The header line is optional. If no header line is provided, it is assumed that the columns are in the above order (marker, then allele, then marker effect). If a header is provided, the columns "marker", "allele", and "eff" can be in any order.
Extra columns are not permitted. Columns may be space-separated or tab-separated. Column separators need not be consistent throughout the file, and may be made of multiple characters. That is, any consecutive sequence of spaces, tabs, and commas is interpreted as one column separator.
Marker names can be of any length and any characters excluding column separator (tab, space, or comma) and newline characters. Rows where the marker name does not match any marker in the SimData's tracked markers will be ignored.
Has short name: load_effectfile
d | pointer to gsc_SimData to be populated. |
filename | string name/path of file containing effect values. |
Definition at line 5995 of file sim-operations.c.
gsc_GroupNum gsc_load_genotypefile | ( | gsc_SimData * | d, |
const char * | filename, | ||
const gsc_FileFormatSpec | format | ||
) |
Load a set of genotypes to a gsc_SimData object.
Can be called on an empty SimData, in which case it invents a genetic map comprising of the markers present in the genotype file, all on a single chromosome and spaced 1cM apart, or on a SimData with existing maps or genotypes, in which case markers whose names do not appear in the SimData's list of tracked markers are discarded.
Has short name: load_genotypefile
d | pointer to gsc_SimData to be populated |
filename | string name/path of file containing genotype data. |
format | details on the format of the file (option, set to GSC_DETECT_FILE_FORMAT to auto-detect format). |
Definition at line 7043 of file sim-operations.c.

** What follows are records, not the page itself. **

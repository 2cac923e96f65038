//! The combining classes that characters have, numbered from the lowest one on.

ghost use Rattle.std.specs.Prelude.{◌≡◌, ◌<◌};
ghost use Rattle.icu_text_decomposition.specs.inner.ClassNumbers.{class_number, next_used_class};

/// How many classes characters have, but for class 0 (DerivedCombiningClass.txt).
pub(crate) const CLASS_COUNT: usize = 55;

/// The number of each class, or their count at a class that no character has.
#[rattlefmt::skip]
static NUMBERS: [u8; 256] = [
    55, 0, 55, 55, 55, 55, 1, 2, 3, 4, 5, 6, 7, 8, 9, 10,
    11, 12, 13, 14, 15, 16, 17, 18, 19, 20, 21, 22, 23, 24, 25, 26,
    27, 28, 29, 30, 31, 55, 55, 55, 55, 55, 55, 55, 55, 55, 55, 55,
    55, 55, 55, 55, 55, 55, 55, 55, 55, 55, 55, 55, 55, 55, 55, 55,
    55, 55, 55, 55, 55, 55, 55, 55, 55, 55, 55, 55, 55, 55, 55, 55,
    55, 55, 55, 55, 32, 55, 55, 55, 55, 55, 55, 33, 55, 55, 55, 55,
    55, 55, 55, 55, 55, 55, 55, 34, 55, 55, 55, 35, 55, 55, 55, 55,
    55, 55, 55, 55, 55, 55, 36, 55, 55, 55, 37, 55, 55, 55, 55, 55,
    55, 38, 39, 55, 40, 55, 55, 55, 55, 55, 55, 55, 55, 55, 55, 55,
    55, 55, 55, 55, 55, 55, 55, 55, 55, 55, 55, 55, 55, 55, 55, 55,
    55, 55, 55, 55, 55, 55, 55, 55, 55, 55, 55, 55, 55, 55, 55, 55,
    55, 55, 55, 55, 55, 55, 55, 55, 55, 55, 55, 55, 55, 55, 55, 55,
    55, 55, 55, 55, 55, 55, 55, 55, 55, 55, 41, 55, 55, 55, 55, 55,
    55, 55, 55, 55, 55, 55, 42, 55, 43, 55, 44, 55, 45, 55, 46, 55,
    47, 55, 48, 55, 49, 55, 50, 55, 51, 52, 53, 55, 55, 55, 55, 55,
    54, 55, 55, 55, 55, 55, 55, 55, 55, 55, 55, 55, 55, 55, 55, 55,
];

/// The number of a class, or the count of classes where no character has it.
#[tactic(auto, unfolding(crate::specs::inner::ClassNumbers::class_number))]
pub(crate) fn class_number(class: usize) -> usize
    ensures { result ≡ class_number class }
{
    if class < 256 {
        usize::from(NUMBERS[class])
    } else {
        CLASS_COUNT
    }
}

/// The next class above each that a character has, or 256 where there is none.
#[rattlefmt::skip]
static NEXT: [u16; 256] = [
    1, 6, 6, 6, 6, 6, 7, 8, 9, 10, 11, 12, 13, 14, 15, 16,
    17, 18, 19, 20, 21, 22, 23, 24, 25, 26, 27, 28, 29, 30, 31, 32,
    33, 34, 35, 36, 84, 84, 84, 84, 84, 84, 84, 84, 84, 84, 84, 84,
    84, 84, 84, 84, 84, 84, 84, 84, 84, 84, 84, 84, 84, 84, 84, 84,
    84, 84, 84, 84, 84, 84, 84, 84, 84, 84, 84, 84, 84, 84, 84, 84,
    84, 84, 84, 84, 91, 91, 91, 91, 91, 91, 91, 103, 103, 103, 103, 103,
    103, 103, 103, 103, 103, 103, 103, 107, 107, 107, 107, 118, 118, 118, 118, 118,
    118, 118, 118, 118, 118, 118, 122, 122, 122, 122, 129, 129, 129, 129, 129, 129,
    129, 130, 132, 132, 202, 202, 202, 202, 202, 202, 202, 202, 202, 202, 202, 202,
    202, 202, 202, 202, 202, 202, 202, 202, 202, 202, 202, 202, 202, 202, 202, 202,
    202, 202, 202, 202, 202, 202, 202, 202, 202, 202, 202, 202, 202, 202, 202, 202,
    202, 202, 202, 202, 202, 202, 202, 202, 202, 202, 202, 202, 202, 202, 202, 202,
    202, 202, 202, 202, 202, 202, 202, 202, 202, 202, 214, 214, 214, 214, 214, 214,
    214, 214, 214, 214, 214, 214, 216, 216, 218, 218, 220, 220, 222, 222, 224, 224,
    226, 226, 228, 228, 230, 230, 232, 232, 233, 234, 240, 240, 240, 240, 240, 240,
    256, 256, 256, 256, 256, 256, 256, 256, 256, 256, 256, 256, 256, 256, 256, 256,
];

/// The next class above this one that a character has, or 256 where there is none.
#[tactic(auto, unfolding(crate::specs::inner::ClassNumbers::next_used_class))]
pub(crate) fn next_used_class(class: usize) -> usize
    requires { class < 256 }
    ensures { result ≡ next_used_class class }
{
    usize::from(NEXT[class])
}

gsc_MapID gsc_load_mapfile | ( | gsc_SimData * | d, |
const char * | filename | ||
) |
Load a genetic map to a gsc_SimData object.
Can be called on an empty SimData, in which case it loads the first genetic map, sets up the list of known markers in the genome, and warns that no genotypes are loaded yet so many simulation functions will not yet be able to run. Can also be called on a SimData with existing map and genotypes, in which case the map file's contents are loaded as another recombination map.
The file's format should be:
marker chr pos
[marker name] [chr] [pos]
[marker name] [chr] [pos]
...
The header line is optional. If no header line is provided, it is assumed that the columns are in the above order (marker, then chromosome, then position). If a header is provided, the columns "marker", "chr", and "pos" can be in any order.
Map positions are assumped to be in centimorgans.
Extra columns are not permitted. Columns may be space-separated or tab-separated. Column separators need not be consistent throughout the file, and may be made of multiple characters. That is, any consecutive sequence of spaces, tabs, and commas is interpreted as one column separator.
Marker names can be of any length and any characters excluding column separator (tab, space, or comma) and newline characters.
Has short name: load_mapfile
d | pointer to gsc_SimData to be populated |
filename | string name/path of file containing genetic map data. |
Definition at line 5906 of file sim-operations.c.